The present invention relates to systems and methods for generating ultrasound images, and more particularly to systems and methods for generating ultrasound images without system contact to the patient, which may be achieved, for example, using photoacoustic energy and/or laser vibrometry.
Ultrasonic imaging techniques of body tissue and bone are well established in medical practices and aid physicians diagnosing diseases and injuries. Current systems rely on mechanical transducers and receivers in contact with the skin where coupling gels act as an interface to reduce the impedance between the device and skin. Conventional ultrasound images are obtained in a contact manner by using an ultrasonic transducer placed directly on the area of interest to send and receive the acoustic signals. In general, an acoustic pulse is emitted into to the body. Echoes from structures inside the body are reflected back to the transducer with the time of arrival providing information about the range to the structure. The acoustic source is omnidirectional, thus only range information is obtained, and a two-dimensional (2D) image is formed by using a line of transducers that yield information in the cross range direction.

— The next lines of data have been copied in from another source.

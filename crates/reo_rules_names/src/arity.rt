//! Uses with another number of arguments than their connector has parameters.
ghost use Rattle.std.specs.Prelude.{◌≡◌, [], List, IsErrOf};
ghost use Rattle.std.specs.List.{flat_map};
ghost use Rattle.reo_trees.specs.declared.items.Item.{Item as AnItem};
ghost use Rattle.reo_trees.specs.declared.programs.Connector.{Connector as AConnector};
ghost use Rattle.reo_rules.specs.Arity.{arity_in_item, arity};
ghost use Rattle.reo_rules.specs.Judged.{IsJudged};
ghost use Rattle.reo_rules_names.specs.Connectors.{AreConnectors};

use crate::connectors::Connectors;
use reo_rules::FlatFault;
use reo_trees::{Declaration, Item, ItemForm, Program};
use std::alloc::Global;

/// An item.
fn item_arity(connectors: &Connectors, line: u32, form: &ItemForm) -> Result<(), FlatFault>
    ensures judged { (known : List AConnector) → AreConnectors known connectors.now
        → IsJudged (arity_in_item known line form.now) result }
    ensures sure { IsErrOf result FlatFault.NoMemory → ⊥ }
{
    match form {
        ItemForm::Used { name, arguments } => {
            if arguments.len() == connectors.ways(name.as_slice()).len() {
                Ok(())
            } else {
                Err(FlatFault::Arity { line })
            }
        }
        ItemForm::Node { .. } | ItemForm::Joined { .. } => Ok(()),
    }
}

/// Items one after another.
fn items_arity(connectors: &Connectors, items: &[Item]) -> Result<(), FlatFault>
    ensures judged { (known : List AConnector) → AreConnectors known connectors.now
        → IsJudged (flat_map (λ (i : AnItem). arity_in_item known i.line i.form) items.now) result }
    ensures sure { IsErrOf result FlatFault.NoMemory → ⊥ }
{
    for item in items {
        item_arity(connectors, item.line, &item.form)?;
    }
    Ok(())
}

/// Declarations one after another; the connectors are noted.
fn declarations_arity(
    alloc: Global,
    connectors: &mut Connectors,
    declarations: &[Declaration],
) -> Result<(), FlatFault>
    requires { AreConnectors [] connectors.old }
    ensures { IsJudged (arity declarations.now) result }
{
    for declaration in declarations {
        if let Declaration::Made(connector) = declaration {
            items_arity(connectors, connector.items.as_slice())?;
            connectors.add(alloc, connector)?;
        }
    }
    Ok(())
}

/// Each use has as many arguments as the first connector of its name before has parameters; one
/// that is not declared has none. Where one has not, `Arity` is the line of the first. `NoMemory`
/// is out of memory.
pub fn judge_arity(alloc: Global, program: &Program) -> Result<(), FlatFault>
    ensures { IsJudged (arity program.now.declarations) result }
{
    let mut connectors = Connectors::new(alloc);
    declarations_arity(alloc, &mut connectors, program.declarations.as_slice())
}
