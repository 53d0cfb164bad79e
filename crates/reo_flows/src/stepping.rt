//! A round of a circuit at the cost of what flows: the primitives go on that keep something and of
//! which some end flows, and all others stay.

mod flowing;
mod marked;
mod mouths;
mod one;

pub use flowing::{mark_flowing, mark_joint};
pub use marked::step_marked;
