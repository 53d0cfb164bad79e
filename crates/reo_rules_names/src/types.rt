//! Types by name, with the symbols of those that are sym types.
ghost use Rattle.std.specs.Prelude.{◌≡◌, [], ◌∷◌, ◌++◌, IfOk, OnOk, List, None, length, MatchOption};
ghost use Rattle.reo_rules.specs.Types.{Typed, type_named, resolved};
ghost use Rattle.reo_rules_names.specs.SameNames.{SameNames};
ghost use Rattle.reo_rules_names.specs.Values.{value_at};

use reo_rules::Names;
use reo_trees::Shape;
use reo_values::{Bytes, List, NoMemory};
use std::alloc::Global;

/// The types that were declared so far: the name of each, and the number of its set of symbols
/// where it is a sym type. A type that names another shares the set of that one.
#[derive(Drop)]
pub(crate) struct DeclaredTypes {
    pub(crate) names: Names,
    numbers: List<Option<usize>>,
    sets: List<Names>,
}

impl DeclaredTypes {
    ghost use Rattle.reo_rules_names.specs.Symbols.{AreTypes, IsSetOf, LacksNone, LacksOthers};

    /// No types.
    pub(crate) fn new(alloc: Global) -> Self
        ensures { AreTypes [] result }
    {
        DeclaredTypes {
            names: Names::new(alloc),
            numbers: List::new(alloc),
            sets: List::new(alloc),
        }
    }

    /// The number of the symbols of the type of this name, or None where it has none.
    fn number_of(&self, name: &[u8]) -> Option<usize>
        ensures { length self.now.names ≡ length self.now.numbers
            → result ≡ value_at None self.now.names self.now.numbers name.now }
    {
        match self.names.find(name) {
            Some(place) => match self.numbers.get(place) {
                Some(number) => *number,
                None => None,
            },
            None => None,
        }
    }

    /// The symbols of the first type of this name, or None where it is no sym type.
    pub(crate) fn symbols(&self, name: &[u8]) -> Option<&Names>
        ensures { (known : List Typed) → AreTypes known self.now
            → MatchOption result (LacksNone (type_named known name.now))
            (λ set. LacksOthers (type_named known name.now) set.now) }
    {
        match self.number_of(name) {
            Some(number) => self.sets.get(number),
            None => None,
        }
    }

    /// The number of the symbols of a written type, by the types so far. A new set is kept.
    /// `NoMemory` is out of memory.
    fn number(&mut self, alloc: Global, shape: &Shape) -> Result<Option<usize>, NoMemory>
        ensures { IfOk result (λ number. (known : List Typed) → AreTypes known self.old
            → AreTypes known self.new × IsSetOf self.new.sets number (resolved known shape.now)) }
    {
        match shape {
            Shape::Sym(symbols) => {
                let set = set_of(alloc, symbols.get().as_slice())?;
                let number = self.sets.len();
                self.sets.push(set)?;
                Ok(Some(number))
            }
            Shape::Named(name) => Ok(self.number_of(name.as_slice())),
            Shape::Pair(_) => Ok(None),
            Shape::Unit | Shape::Bool | Shape::Int(_, _) | Shape::Text(_) => Ok(None),
        }
    }

    /// One more type. `NoMemory` is out of memory.
    pub(crate) fn add(&mut self, alloc: Global, name: &Bytes, shape: &Shape) -> Result<(), NoMemory>
        ensures { OnOk result ((known : List Typed) → AreTypes known self.old
            → AreTypes (known ++ record { name = name.now; kindred = resolved known shape.now }
            ∷ []) self.new) }
    {
        let number = self.number(alloc, shape)?;
        if self.names.note(alloc, name.as_slice())? {
            return Ok(());
        }
        self.numbers.push(number)
    }
}

/// The set of these names. `NoMemory` is out of memory.
fn set_of(alloc: Global, names: &[Bytes]) -> Result<Names, NoMemory>
    ensures { IfOk result (λ set. SameNames set names.now) }
{
    let mut set = Names::new(alloc);
    for name in names {
        set.note(alloc, name.as_slice())?;
    }
    Ok(set)
}
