//! What a capture says.

ghost use Rattle.std.specs.Prelude.{◌≡◌, ◌<◌, ◌++◌, [], ◌∷◌, List, length, drop, IfSome, IsNone};
ghost use Rattle.std.specs.Prelude.{OnOk, OnErr};
ghost use Rattle.capture_text.specs.declared.capture.Event.{Event};
ghost use Rattle.capture_text.specs.declared.capture.Mark.{Mark};
ghost use Rattle.capture_text.specs.Capture.{told_stop, stop_of};
ghost use Rattle.capture_text.specs.Kept.{event_of, events_of, first_number, AreWhole};

use kept_pieces::{Left, Piece, Pieces};
use order_meaning::{Bytes, Names, Side};
use outside::Image;
use std::alloc::{AllocError, Global};
use std::marker::Model;

/// What a line of a life says. All but `Stop` and `At` is a round of the gateway.
#[derive(Debug, Drop)]
pub enum Event {
    /// `stop K IMAGE`, the first line of a life: of its disk the writes and syncs from the K-th on
    /// fail, from 1 to 1,000,000, and every call behind that one; and this image is left.
    Stop(u64, Image),
    /// `at MS`: the clock from here on, in milliseconds since 1970-01-01 00:00 UTC.
    At(u64),
    /// `tick`: a round with nothing.
    Tick,
    /// `c+`, `v+`: this side opens its connection.
    Opened(Side),
    /// `c-`, `v-`: this side closes its connection.
    Closed(Side),
    /// `c TEXT`, `v TEXT`: these bytes come from this side, 1 to 4,096.
    Text(Side, Bytes),
    /// `cf BODY`, `vf BODY`: the frame of this body comes from this side, of at most 4,096 bytes.
    Frame(Side, Bytes),
}

/// An event of a life, as the life has it: its bytes are unpacked where they are asked for.
#[derive(Clone, Copy, Debug)]
pub enum Line<'a> {
    /// As [`Event::Stop`].
    Stop(u64, Image),
    /// As [`Event::At`].
    At(u64),
    /// As [`Event::Tick`].
    Tick,
    /// As [`Event::Opened`].
    Opened(Side),
    /// As [`Event::Closed`].
    Closed(Side),
    /// As [`Event::Text`].
    Text(Side, Piece<'a>),
    /// As [`Event::Frame`].
    Frame(Side, Piece<'a>),
}

/// What an event is, without its number and its bytes.
#[derive(Clone, Copy, Debug)]
pub(crate) enum Mark {
    Stop(Image),
    At,
    Tick,
    Opened(Side),
    Closed(Side),
    Text(Side),
    Frame(Side),
}

/// The events of a life, seen as their list. One without bytes takes a mark of two bytes.
#[derive(Debug, Drop)]
pub struct Life {
    marks: Vec<Mark>,
    numbers: Vec<u64>,
    pieces: Pieces,
}

impl Model for Life {
    ghost use Rattle.std.specs.Prelude.{List};
    ghost use Rattle.capture_text.specs.declared.capture.Event.{Event};
    ghost use Rattle.capture_text.specs.Kept.{events_of, AreWhole};

    ghost Value = { List Event };

    ghost view = { λ l. events_of l.marks.items l.numbers.items l.pieces };

    ghost invariant = { λ l. AreWhole l.marks.items l.numbers.items l.pieces };
}

/// The events that are left of a life, seen as their list.
#[derive(Debug, Drop)]
pub struct Lines<'a> {
    marks: &'a [Mark],
    numbers: &'a [u64],
    pieces: Left<'a>,
}

impl<'a> Model for Lines<'a> {
    ghost use Rattle.std.specs.Prelude.{List};
    ghost use Rattle.capture_text.specs.declared.capture.Event.{Event};
    ghost use Rattle.capture_text.specs.Kept.{events_of};

    ghost Value = { List Event };

    ghost view = { λ l. events_of l.marks.now l.numbers.now l.pieces };
}

// The next number, which is then behind; 0 where none is left.
fn next_or_zero(numbers: &mut &[u64]) -> u64
    ensures value { result ≡ first_number numbers.old.now }
    ensures rest { numbers.new.now ≡ drop 1 numbers.old.now }
{
    match numbers.split_off_first() {
        Some(number) => *number,
        None => 0,
    }
}

// The event of a mark, with the next number or piece where it takes one.
fn line_of<'a>(mark: Mark, numbers: &mut &[u64], pieces: &mut Left<'a>) -> Line<'a>
    ensures { (marks : List Mark) → events_of (mark ∷ marks) numbers.old.now pieces.old
        ≡ event_of result ∷ events_of marks numbers.new.now pieces.new }
{
    match mark {
        Mark::Stop(image) => Line::Stop(next_or_zero(numbers), image),
        Mark::At => Line::At(next_or_zero(numbers)),
        Mark::Tick => Line::Tick,
        Mark::Opened(side) => Line::Opened(side),
        Mark::Closed(side) => Line::Closed(side),
        Mark::Text(side) => Line::Text(side, pieces.next_or_empty()),
        Mark::Frame(side) => Line::Frame(side, pieces.next_or_empty()),
    }
}

// The stop that a line tells.
fn told_stop(line: Line<'_>) -> Option<(u64, Image)>
    ensures { result ≡ told_stop (event_of line.entry) }
{
    match line {
        Line::Stop(call, image) => Some((call, image)),
        _ => None,
    }
}

impl Life {
    /// A life without events; it takes no memory.
    pub fn new(alloc: Global) -> Life
        ensures { result ≡ [] }
    {
        Life {
            marks: Vec::new(alloc),
            numbers: Vec::new(alloc),
            pieces: Pieces::new(alloc),
        }
    }

    /// Adds an event.
    ///
    /// # Errors
    /// `AllocError` for want of memory; then the events are as before.
    pub fn push(&mut self, event: Event) -> Result<(), AllocError>
        ensures ok { OnOk result (self.new ≡ self.old ++ event ∷ []) }
        ensures err { OnErr result (self.new ≡ self.old) }
    {
        match event {
            Event::Stop(call, image) => self.push_number(Mark::Stop(image), call),
            Event::At(ms) => self.push_number(Mark::At, ms),
            Event::Tick => self.push_mark(Mark::Tick),
            Event::Opened(side) => self.push_mark(Mark::Opened(side)),
            Event::Closed(side) => self.push_mark(Mark::Closed(side)),
            Event::Text(side, bytes) => self.push_piece(Mark::Text(side), bytes.as_slice()),
            Event::Frame(side, body) => self.push_piece(Mark::Frame(side), body.as_slice()),
        }
    }

    // Adds an event that is its mark alone.
    fn push_mark(&mut self, mark: Mark) -> Result<(), AllocError>
        requires { AreWhole (mark ∷ []) [] [] }
        ensures ok { OnOk result (self.new ≡ self.old ++ events_of (mark ∷ []) [] []) }
        ensures err { OnErr result (self.new ≡ self.old) }
    {
        self.marks.push(mark)?;
        Ok(())
    }

    // Adds an event of this number.
    fn push_number(&mut self, mark: Mark, number: u64) -> Result<(), AllocError>
        requires { AreWhole (mark ∷ []) (number ∷ []) [] }
        ensures ok { OnOk result (self.new ≡ self.old ++ events_of (mark ∷ []) (number ∷ []) []) }
        ensures err { OnErr result (self.new ≡ self.old) }
    {
        self.marks.reserve(1)?;
        self.numbers.push(number)?;
        self.marks.push_reserved(mark);
        Ok(())
    }

    // Adds an event of these bytes.
    fn push_piece(&mut self, mark: Mark, piece: &[u8]) -> Result<(), AllocError>
        requires { AreWhole (mark ∷ []) [] (piece.now ∷ []) }
        ensures ok { OnOk result (self.new ≡
            self.old ++ events_of (mark ∷ []) [] (piece.now ∷ [])) }
        ensures err { OnErr result (self.new ≡ self.old) }
    {
        self.marks.reserve(1)?;
        self.pieces.push(piece)?;
        self.marks.push_reserved(mark);
        Ok(())
    }

    /// The events, from the first on; it takes no memory.
    pub fn lines(&self) -> Lines<'_>
        ensures { result ≡ self.now }
    {
        Lines {
            marks: &self.marks,
            numbers: &self.numbers,
            pieces: self.pieces.left(),
        }
    }

    /// How many events there are.
    #[tactic(auto, using(crate::proofs::Kept::as_many))]
    pub fn len(&self) -> usize
        ensures { result ≡ length self.now }
    {
        self.marks.len()
    }

    /// The stop that its first line tells: the number of the first write or sync that fails, and
    /// the image that is left. It takes no memory.
    pub fn stop(&self) -> Option<(u64, Image)>
        ensures { result ≡ stop_of self.now }
    {
        told_stop(self.lines().next()?)
    }
}

impl<'a> Lines<'a> {
    /// The next event, which is then behind.
    pub fn next(&mut self) -> Option<Line<'a>>
        ensures some { IfSome result (λ line. self.old ≡ event_of line ∷ self.new) }
        ensures none { IsNone result → self.old ≡ [] }
        ensures stays { IsNone result → self.new ≡ [] }
    {
        let (mark, marks) = self.marks.split_first()?;
        self.marks = marks;
        Some(line_of(*mark, &mut self.numbers, &mut self.pieces))
    }
}

/// The lives of a capture, seen as their list.
#[derive(Debug, Drop)]
pub struct Lives {
    lives: Vec<Life>,
}

impl Model for Lives {
    ghost use Rattle.std.specs.Prelude.{List};
    ghost use Rattle.capture_text.specs.declared.capture.Event.{Event};

    ghost Value = { List (List Event) };

    ghost view = { λ l. l.lives.items };
}

impl Lives {
    /// No life; it takes no memory.
    pub fn new(alloc: Global) -> Lives
        ensures { result ≡ [] }
    {
        Lives {
            lives: Vec::new(alloc),
        }
    }

    /// Adds a life.
    ///
    /// # Errors
    /// `AllocError` for want of memory; then the lives are as before.
    pub fn push(&mut self, life: Life) -> Result<(), AllocError>
        ensures ok { OnOk result (self.new ≡ self.old ++ life ∷ []) }
        ensures err { OnErr result (self.new ≡ self.old) }
    {
        self.lives.push(life)?;
        Ok(())
    }

    /// The lives, in order; it takes no memory.
    pub fn as_slice(&self) -> &[Life]
        ensures { result.now ≡ self.now }
    {
        &self.lives
    }
}

/// A capture: whose sessions they are, and what came in each life of the gateway.
#[derive(Debug, Drop)]
pub struct Capture {
    /// The CompIDs of both sessions.
    pub names: Names,
    /// HeartBtInt(108) to the venue, from 0 to 3,600 seconds.
    pub heart: u32,
    /// The minute of the UTC day at which a session day begins, from 0 to 1,439; none where no day
    /// ends.
    pub reset: Option<u32>,
    /// At least one life.
    pub lives: Lives,
}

However, considerable work is currently ongoing to form three-dimensional images via the scanning of the transducer line array. However, this presents registration error challenges as the individual 2D images must be aligned properly. Investigations are also ongoing to combine the individual source elements of 2D arrays of transducers in such a way that the transmitted energy has a directionality to obtain better quality spatial information. However, practical implementation of 2D arrays suffer from challenges in making a sufficiently large array that is conformal and uniformly coupled to the surface of interest (e.g. the human body).
Additionally, in certain circumstances, a noncontact operation for obtaining ultrasound images may be desirable. For example, in surgical situations where sterility is an issue, situations where direct contact is unpleasant or painful (e.g., imaging the eye), or emergency situations where the patient is in transit and/or being stabilized and may not be easily imaged via a contact system. Additional applications include, for example, real-time surgical feedback imaging, traumatic brain injury (TBI) detection, and bone health monitoring. Real-time surgical guidance and feedback could be improved from an imaging technique that can directly access exposed skin or traumatized tissue without contact, especially in very delicate procedures such as spinal and neck surgery.
One example approach includes photoacoustic tomography (PAT) which is an emerging optical technique. PAT is often used to image near surface shallow capillaries in animal tissue, for example, with typical penetration depths less than 1 mm. The PAT technique employs an optical source to cause the photoacoustic effect and contact transducers to record the response. Recent studies are exploring the laser Doppler vibrometer as a sensing device, thus making the system optical. In these studies, measureable signals are observed to depths of less than 1 cm in biological phantoms or natural tissue. However, for optical measurement systems to compete with practiced medical ultrasound, penetration depths of at least several inches are needed to probe structures of interest and, the light must be eye and skin safe.
Thus, there is a need for systems and methods capable of providing an efficient means for coupling acoustic energy into media in a noncontact manner to generate ultrasound images and, thereby, treatment of injuries such as TBI and bone fractures.